■ Stored data entries
[Start of section]

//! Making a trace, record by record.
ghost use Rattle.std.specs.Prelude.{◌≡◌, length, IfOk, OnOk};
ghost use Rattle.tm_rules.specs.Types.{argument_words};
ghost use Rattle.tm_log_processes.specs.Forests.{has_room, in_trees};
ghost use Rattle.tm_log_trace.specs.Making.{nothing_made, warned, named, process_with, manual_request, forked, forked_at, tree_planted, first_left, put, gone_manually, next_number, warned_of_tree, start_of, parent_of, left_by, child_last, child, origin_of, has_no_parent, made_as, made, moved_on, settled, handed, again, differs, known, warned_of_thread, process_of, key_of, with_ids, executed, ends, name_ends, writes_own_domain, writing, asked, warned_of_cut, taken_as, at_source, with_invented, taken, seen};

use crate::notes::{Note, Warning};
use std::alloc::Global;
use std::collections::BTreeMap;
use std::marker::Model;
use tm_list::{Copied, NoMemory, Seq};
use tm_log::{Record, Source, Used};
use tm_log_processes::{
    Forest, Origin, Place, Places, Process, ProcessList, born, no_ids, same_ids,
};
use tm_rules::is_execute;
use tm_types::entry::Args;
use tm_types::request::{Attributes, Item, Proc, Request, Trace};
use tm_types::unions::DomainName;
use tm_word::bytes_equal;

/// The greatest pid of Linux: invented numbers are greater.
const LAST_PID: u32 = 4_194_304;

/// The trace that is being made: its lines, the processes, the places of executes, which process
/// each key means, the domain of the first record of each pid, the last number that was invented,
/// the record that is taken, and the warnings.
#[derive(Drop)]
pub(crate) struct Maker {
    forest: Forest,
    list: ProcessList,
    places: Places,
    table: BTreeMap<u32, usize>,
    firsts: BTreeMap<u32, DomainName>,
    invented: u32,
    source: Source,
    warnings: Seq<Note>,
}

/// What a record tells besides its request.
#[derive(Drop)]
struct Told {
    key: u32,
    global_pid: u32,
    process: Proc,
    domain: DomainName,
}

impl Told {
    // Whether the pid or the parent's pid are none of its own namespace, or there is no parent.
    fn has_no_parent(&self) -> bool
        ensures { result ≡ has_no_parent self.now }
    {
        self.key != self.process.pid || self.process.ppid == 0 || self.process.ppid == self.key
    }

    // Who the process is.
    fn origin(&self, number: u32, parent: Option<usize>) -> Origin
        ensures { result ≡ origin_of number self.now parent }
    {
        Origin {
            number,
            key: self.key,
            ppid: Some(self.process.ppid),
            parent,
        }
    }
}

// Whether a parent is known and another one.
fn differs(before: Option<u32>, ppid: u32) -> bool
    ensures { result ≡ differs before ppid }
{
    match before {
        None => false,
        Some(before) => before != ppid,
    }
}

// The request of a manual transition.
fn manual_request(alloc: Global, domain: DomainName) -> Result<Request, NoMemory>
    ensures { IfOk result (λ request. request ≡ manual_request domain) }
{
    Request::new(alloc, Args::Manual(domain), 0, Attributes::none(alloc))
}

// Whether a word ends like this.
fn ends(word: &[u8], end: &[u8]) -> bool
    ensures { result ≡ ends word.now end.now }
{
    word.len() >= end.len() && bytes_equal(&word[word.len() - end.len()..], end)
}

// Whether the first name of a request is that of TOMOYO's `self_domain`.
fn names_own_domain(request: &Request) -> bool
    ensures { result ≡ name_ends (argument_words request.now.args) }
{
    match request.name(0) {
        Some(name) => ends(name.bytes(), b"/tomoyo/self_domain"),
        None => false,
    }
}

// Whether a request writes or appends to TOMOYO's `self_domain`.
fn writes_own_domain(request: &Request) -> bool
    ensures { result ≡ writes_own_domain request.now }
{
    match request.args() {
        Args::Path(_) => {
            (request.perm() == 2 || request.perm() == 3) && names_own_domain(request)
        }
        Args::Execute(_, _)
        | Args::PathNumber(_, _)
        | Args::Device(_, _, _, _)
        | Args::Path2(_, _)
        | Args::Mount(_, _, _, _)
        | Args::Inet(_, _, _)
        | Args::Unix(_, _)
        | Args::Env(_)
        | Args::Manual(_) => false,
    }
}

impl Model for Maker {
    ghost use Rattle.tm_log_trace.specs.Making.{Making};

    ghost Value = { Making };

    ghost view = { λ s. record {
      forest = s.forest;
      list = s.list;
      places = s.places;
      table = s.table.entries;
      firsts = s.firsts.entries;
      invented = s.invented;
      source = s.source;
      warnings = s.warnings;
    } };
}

[End of section]

■ How to complete this task
Set down the line that contains "ends like this." exactly. Do the same for each later line of the data, through the end, and add nothing.

■ Task answer
// Whether a word ends like this.
fn ends(word: &[u8], end: &[u8]) -> bool
    ensures { result ≡ ends word.now end.now }
{
    word.len() >= end.len() && bytes_equal(&word[word.len() - end.len()..], end)
}

// Whether the first name of a request is that of TOMOYO's `self_domain`.
fn names_own_domain(request: &Request) -> bool
    ensures { result ≡ name_ends (argument_words request.now.args) }
{
    match request.name(0) {
        Some(name) => ends(name.bytes(), b"/tomoyo/self_domain"),
        None => false,
    }
}

// Whether a request writes or appends to TOMOYO's `self_domain`.
fn writes_own_domain(request: &Request) -> bool
    ensures { result ≡ writes_own_domain request.now }
{
    match request.args() {
        Args::Path(_) => {
            (request.perm() == 2 || request.perm() == 3) && names_own_domain(request)
        }
        Args::Execute(_, _)
        | Args::PathNumber(_, _)
        | Args::Device(_, _, _, _)
        | Args::Path2(_, _)
        | Args::Mount(_, _, _, _)
        | Args::Inet(_, _, _)
        | Args::Unix(_, _)
        | Args::Env(_)
        | Args::Manual(_) => false,
    }
}

impl Model for Maker {
    ghost use Rattle.tm_log_trace.specs.Making.{Making};

    ghost Value = { Making };

    ghost view = { λ s. record {
      forest = s.forest;
      list = s.list;
      places = s.places;
      table = s.table.entries;
      firsts = s.firsts.entries;
      invented = s.invented;
      source = s.source;
      warnings = s.warnings;
    } };
}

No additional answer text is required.